Bilingual education foes make their cases

PLEASANT HILL — The debate over how to teach English to California’s immigrant children came to Contra Costa County Wednesday night, with Proposition 227 co-author Ron Unz squaring off in a public forum against the chief spokeswoman for the opposition to the ballot measure.

Unz and Holli Thier repeated the arguments they have made in newspapers,
on radio talk shows and in debates throughout the state since Unz launched his initiative drive last fall. Unz emphasized the failures of the current bilingual education system, while Thier called his plan an educational straitjacket that would remove decision-making from local school districts.

Prop. 227 would place all limited-English students into one-year immersion programs designed to teach them English. After that, they would be placed in mainstream English-language classrooms.

Fifteen minutes into the forum, a dozen young people from C-Beyond, a Concord-based group of young activists, rose from their seats and stood silently, temporarily halting the discussion. When several refused to sit down, they were escorted from the room by security guards.

Young people are united against Prop. 227, said Lenore Anderson, C-Beyond coordinator. “We’ve already made up our minds and we didn’t need to wait to ask questions. We wanted to let Ron Unz know what we thought.”

More than 250 people nearly filled the multipurporse room at the Pleasant Hill Education Center for the forum, which was televised live. Because of the television coverage, the audience was asked to refrain from cheering or jeering, but some people in attendance could not restrain themselves.

Unz said he has participated in almost 200 forums and debates since he proposed the ballot measure. In public forums such as this, he said, the audience is invariably hostile; on the other hand, he said, callers to radio talk shows tend to support him by the 10-1 margin.

About one-third of California’s limited-English students are enrolled in bilingual classes, in which most of the teaching takes place in the students’
native languages; most of the rest are taught either in sheltered classes,
in which the teachers speak a slow and clearly enunciated English, or in mainstream classes with extra help. Federal law mandates that school districts provide assistance to students learning English.

Thier said the sheltered immersion prescribed in the ballot measure is too unproven to impose on all California school districts. She objected to the one-year time limit as arbitrary and inadequate for many English learners.

At Wednesday’s debate, Thier emphasized the local control issue. She also stressed that the ballot measure calls for the expenditure of $50 million over 10 years to pay for programs to teach English to adults who pledge to tutor immigrant children; the money would come out of general school funds, and probably would require a bureaucracy for insuring that the adults kept their promise to tutor.

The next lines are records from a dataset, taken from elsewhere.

//! The steps of a script.
ghost use Rattle.std.specs.Prelude.{◌≡◌, length};
ghost use Rattle.page.specs.Scripts.{step_of};

use crate::extent::Extent;
use byteorder::{ByteOrder, LittleEndian};

/// The bytes of a step.
pub(crate) const STEP: usize = 16;

/// What a host commands, or a step in the background.
#[derive(Clone, Copy)]
pub(crate) enum Command {
    Write(Extent),
    /// A WRITE with FUA.
    Force(Extent),
    Sync,
    Read(Extent),
    Tick,
    Unknown,
}

/// What is done to a disk and its medium.
#[derive(Clone, Copy)]
pub(crate) enum Step {
    Command(Command),
    /// So many writes and flushes still happen.
    Fuse(u64),
    /// The unflushed writes whose bits are set outlive the cut.
    Cut(u64),
    Start,
}

impl Step {
    /// The step of these bytes.
    pub(crate) fn decode(bytes: &[u8]) -> Step
        requires { length bytes.now ≡ 16 }
        ensures { result ≡ step_of bytes.now }
    {
        let extent = Extent {
            first: u64::from(bytes[1]),
            count: bytes[2] as usize,
            fill: bytes[3],
        };
        let number = LittleEndian::read_u64(&bytes[8..]);
        match bytes[0] {
            0 => Step::Command(Command::Write(extent)),
            1 => Step::Command(Command::Force(extent)),
            2 => Step::Command(Command::Sync),
            3 => Step::Command(Command::Read(extent)),
            4 => Step::Command(Command::Tick),
            5 => Step::Fuse(number),
            6 => Step::Cut(number),
            7 => Step::Start,
            _ => Step::Command(Command::Unknown),
        }
    }
}
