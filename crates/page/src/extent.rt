//! The blocks of a command.

/// The most blocks of a disk that a page shows.
pub(crate) const MOST_BLOCKS: usize = 32;

/// Their bytes.
pub(crate) const MOST_BYTES: usize = 512 * MOST_BLOCKS;

/// Blocks one after the other, and the byte that fills them.
#[derive(Clone, Copy)]
pub(crate) struct Extent {
    pub(crate) first: u64,
    pub(crate) count: usize,
    pub(crate) fill: u8,
}

impl Extent {
    ghost use Rattle.std.specs.Prelude.{◌≡◌, ◌↔◌, IsTrue};
    ghost use Rattle.page.specs.Extents.{LiesWithin};

    /// Whether they are blocks of a disk of so many.
    pub(crate) fn lies_within(&self, blocks: u64) -> bool
        ensures { IsTrue result ↔ LiesWithin self.now blocks }
    {
        1 <= self.count
            && self.count <= MOST_BLOCKS
            && self.count as u64 <= blocks
            && self.first <= blocks - self.count as u64
    }
}
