//! A disk without a log, which writes each block to its sector at once.
use crate::extent::Extent;
use crate::fault::Fault;
use crate::life::Life;
use crate::step::{Command, Step};
use crate::watched::Watched;
use medium::{Kept, Medium, MediumFault, Switch};

/// Its medium, whether it runs, and its life.
#[derive(Drop)]
pub(crate) struct Plain {
    pub(crate) medium: Watched,
    pub(crate) runs: bool,
    pub(crate) life: Life,
}

impl Plain {
    /// Whether a disk runs, the power is off, or it is on again and no disk runs: 0, 1, 2.
    pub(crate) fn code(&self) -> u64 {
        if self.runs {
            0
        } else if self.medium.is_off() {
            1
        } else {
            2
        }
    }

    /// Plays a step.
    pub(crate) fn play(&mut self, step: &Step) -> Result<(), Fault> {
        match step {
            Step::Fuse(writes) => {
                self.medium.fuse(*writes);
                Ok(())
            }
            Step::Cut(mask) => {
                self.medium.cut(&Kept::Mask(*mask));
                self.runs = false;
                Ok(())
            }
            Step::Start => self.start(),
            Step::Command(command) => self.command(command),
        }
    }

    fn start(&mut self) -> Result<(), Fault> {
        if self.runs || self.medium.is_off() {
            return Err(Fault::Idle);
        }
        self.runs = true;
        self.life = self.life.next();
        Ok(())
    }

    fn command(&mut self, command: &Command) -> Result<(), Fault> {
        if !self.runs {
            return Err(Fault::Idle);
        }
        let done = self.carry_out(command);
        if self.medium.is_off() {
            self.runs = false;
            return Err(Fault::Lost);
        }
        done
    }

    fn carry_out(&mut self, command: &Command) -> Result<(), Fault> {
        match command {
            Command::Write(extent) => self.write(extent),
            Command::Force(extent) => {
                self.write(extent)?;
                self.sync()
            }
            Command::Sync => self.sync(),
            Command::Read(extent) => {
                if extent.lies_within(self.medium.sectors()) {
                    Ok(())
                } else {
                    Err(Fault::Refused)
                }
            }
            Command::Tick => Ok(()),
            Command::Unknown => Err(Fault::Refused),
        }
    }

    fn write(&mut self, extent: &Extent) -> Result<(), Fault> {
        if !extent.lies_within(self.medium.sectors()) {
            return Err(Fault::Refused);
        }
        if fill(&mut self.medium, extent).is_err() {
            return Err(Fault::Failed);
        }
        self.life.accepted = self.life.accepted.saturating_add(1);
        Ok(())
    }

    fn sync(&mut self) -> Result<(), Fault> {
        if self.medium.flush().is_err() {
            return Err(Fault::Failed);
        }
        self.life.promised = self.life.accepted;
        Ok(())
    }
}

// Writes the blocks of an extent, one after the other.
fn fill(medium: &mut Watched, extent: &Extent) -> Result<(), MediumFault> {
    let block = [extent.fill; 512];
    for i in 0..extent.count as u64 {
        let sector = extent.first.saturating_add(i);
        if sector >= medium.sectors() {
            return Err(MediumFault::Write);
        }
        medium.write(sector, &block)?;
    }
    Ok(())
}
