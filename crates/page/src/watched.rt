//! A medium in memory whose unflushed writes can be seen.
ghost use Rattle.std.specs.Prelude.{◌≡◌, [], IfOk};
ghost use Rattle.medium.specs.Power.{powered};
ghost use Rattle.medium.specs.Tally.{none};
ghost use Rattle.page.specs.Cuts.{Settles};
ghost use Rattle.medium.specs.Writes.{keeps};

use medium::{Kept, Medium, MediumFault, SimError, SimMedium, Switch};
use std::alloc::Global;
use std::marker::Model;

/// A write that no flush has made durable yet.
#[derive(Drop)]
pub(crate) struct Waiting {
    pub(crate) sector: u64,
    pub(crate) block: [u8; 512],
}

impl Model for Waiting {
    ghost use Rattle.medium.specs.declared.unflushed.UnflushedWrite.{UnflushedWrite};

    ghost Value = { UnflushedWrite };

    ghost view = { λ w. record { sector = w.sector; block = w.block } };
}

/// A simulated medium, with a list of its unflushed writes.
#[derive(Drop)]
pub(crate) struct Watched {
    sim: SimMedium,
    waiting: Vec<Waiting>,
}

impl Model for Watched {
    ghost use Rattle.std.specs.Prelude.{◌≡◌, ◌≤◌, vec_capacity};
    ghost use Rattle.medium.specs.Sim.{Sim};

    ghost Value = { Sim };

    ghost view = { λ w. w.sim };

    ghost invariant = { λ w. (w.waiting.items ≡ w.sim.unflushed)
        × (w.sim.room ≤ vec_capacity w.waiting) };
}

impl Watched {
    /// A medium of these bytes, as `SimMedium::new` makes it.
    ///
    /// # Errors
    ///
    /// Those of `SimMedium::new`.
    pub(crate) fn new(alloc: Global, image: Vec<u8>, room: usize) -> Result<Watched, SimError>
        ensures { IfOk result (λ m. m ≡ record {
          flushed = image.items;
          unflushed = [];
          room = room;
          power = powered;
          flushes = 0;
          calls = 0;
          made = none;
          refused = none;
          without_room = 0;
        }) }
    {
        let sim = SimMedium::new(alloc, image, room)?;
        let Ok(waiting) = Vec::with_capacity(alloc, room) else {
            return Err(SimError::NoMemory);
        };
        Ok(Watched { sim, waiting })
    }

    /// Cuts the power as `SimMedium::cut` does.
    pub(crate) fn cut(&mut self, kept: &Kept)
        ensures { Settles (keeps kept.now) self.old self.new }
    {
        self.sim.cut(kept);
        self.waiting.clear();
    }

    /// The flushed bytes of all sectors.
    pub(crate) fn durable(&self) -> &[u8]
        ensures { result.now ≡ self.now.flushed }
    {
        self.sim.image()
    }

    /// The unflushed writes, in order of issue.
    pub(crate) fn waiting(&self) -> &[Waiting]
        ensures { result.now ≡ self.now.unflushed }
    {
        &self.waiting
    }

    /// How many flushes happened, up to the greatest number of the type.
    pub(crate) fn flushes(&self) -> u64
        ensures { result ≡ self.now.flushes }
    {
        self.sim.flushes()
    }

    /// Whether the power is off.
    pub(crate) fn is_off(&self) -> bool
        ensures { result ≡ self.now.power.off }
    {
        self.sim.is_off()
    }
}

impl Medium for Watched {
    ghost use Rattle.std.specs.Prelude.{◌≡◌, ◌⊎◌, ◌<◌, true, is_ok, OnOk, OnErr};
    ghost use Rattle.medium.specs.Medium.{Stays, Holds, Within, Gains, Only, Passes, LooksOnly};
    ghost use Rattle.medium.specs.Sim.{state_of, ComesAfter};
    ghost use Rattle.medium.specs.declared.fault.MediumFault.TheVariants.{Read, Write, Flush};
    ghost use Rattle.medium.specs.SimLaws.{is_sound, comes_after_itself, comes_after_through};

    ghost state = { state_of };

    ghost follows = { ComesAfter };

    ghost sound = { is_sound };

    ghost follows_itself = { comes_after_itself };

    ghost follows_through = { comes_after_through };

    fn sectors(&self) -> u64 {
        self.sim.sectors()
    }

    fn read(&mut self, sector: u64, to: &mut [u8; 512]) -> Result<(), MediumFault> {
        self.sim.read(sector, to)
    }

    fn write(&mut self, sector: u64, from: &[u8; 512]) -> Result<(), MediumFault> {
        self.sim.write(sector, from)?;
        self.waiting.push_reserved(Waiting {
            sector,
            block: *from,
        });
        Ok(())
    }

    fn flush(&mut self) -> Result<(), MediumFault> {
        self.sim.flush()?;
        self.waiting.clear();
        Ok(())
    }
}

impl Switch for Watched {
    ghost use Rattle.std.specs.Prelude.{◌<◌};
    ghost use Rattle.medium.specs.Moments.{IsUnchanged};
    ghost use Rattle.medium.specs.Sim.{state_of, IsFused, IsFailing};

    ghost fused = { IsFused };

    ghost failing = { IsFailing };

    fn fuse(&mut self, writes: u64) {
        self.sim.fuse(writes);
    }

    fn fail(&mut self, call: u64) {
        self.sim.fail(call);
    }
}
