//! The numbers of a life.

/// How many writes were accepted, and how many of them are promised; the same of the life before;
/// and how many starts there were.
#[derive(Clone, Copy)]
pub(crate) struct Life {
    pub(crate) accepted: u64,
    pub(crate) promised: u64,
    pub(crate) accepted_before: u64,
    pub(crate) promised_before: u64,
    pub(crate) starts: u64,
}

impl Life {
    ghost use Rattle.std.specs.Prelude.{◌≡◌};
    ghost use Rattle.page.specs.Standing.{first_life, next_life};

    /// Before the first start.
    pub(crate) fn new() -> Life
        ensures { result ≡ first_life }
    {
        Life {
            accepted: 0,
            promised: 0,
            accepted_before: 0,
            promised_before: 0,
            starts: 0,
        }
    }

    /// The life after a start.
    pub(crate) fn next(self) -> Life
        ensures { result ≡ next_life self }
    {
        Life {
            accepted: 0,
            promised: 0,
            accepted_before: self.accepted,
            promised_before: self.promised,
            starts: self.starts.saturating_add(1),
        }
    }
}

Meanwhile, Unz started by pointing out the failures of bilingual education
— the low standardized test scores and high drop-out rate among Latinos,
and the fact that only 5 percent of California’s limited-English school children are reclassified as proficient in any given year.

So far, Unz’s message has appealed to prospective voters. In opinion polls, Prop. 227 is favored by a 2-1 margin, cutting across all ethnic groups.
Unz is particularly proud of the support for the initiative from the Latino community, which he believes has been most handicapped by bilingual programs.

Unz, a Silicon Valley electronics entrepreneur with no formal background in education theory, ran against Gov. Pete Wilson in the 1994 Republican primary; he emphasizes his opposition to Proposition 187, which would have withheld social services to illegal immigrants. He wrote the Prop. 227 ballot measure with Gloria Matta Tuchman, an Orange County first-grade teacher who is running for state superintendent of public instruction. Tuchman’s Santa Ana classroom is the model for the program proposed in Prop. 227.

Prop. 227 opponents often raise questions about the political ambitions and motivations of Unz and Tuchman. The No on Unz forces have yet to spend any of their estimated $2 million war chest, and they believe public opinion will turn around once voters understand Prop. 227 more fully.

Wednesday night’s forum was sponsored by the League of Women Voters and Contra Costa Newspapers. Dr. Thomas Scovel, a professor of psycholinguistics at San Francisco State University and a specialist in second-language learning,
provided background information on the issues discussed by Unz and Thier.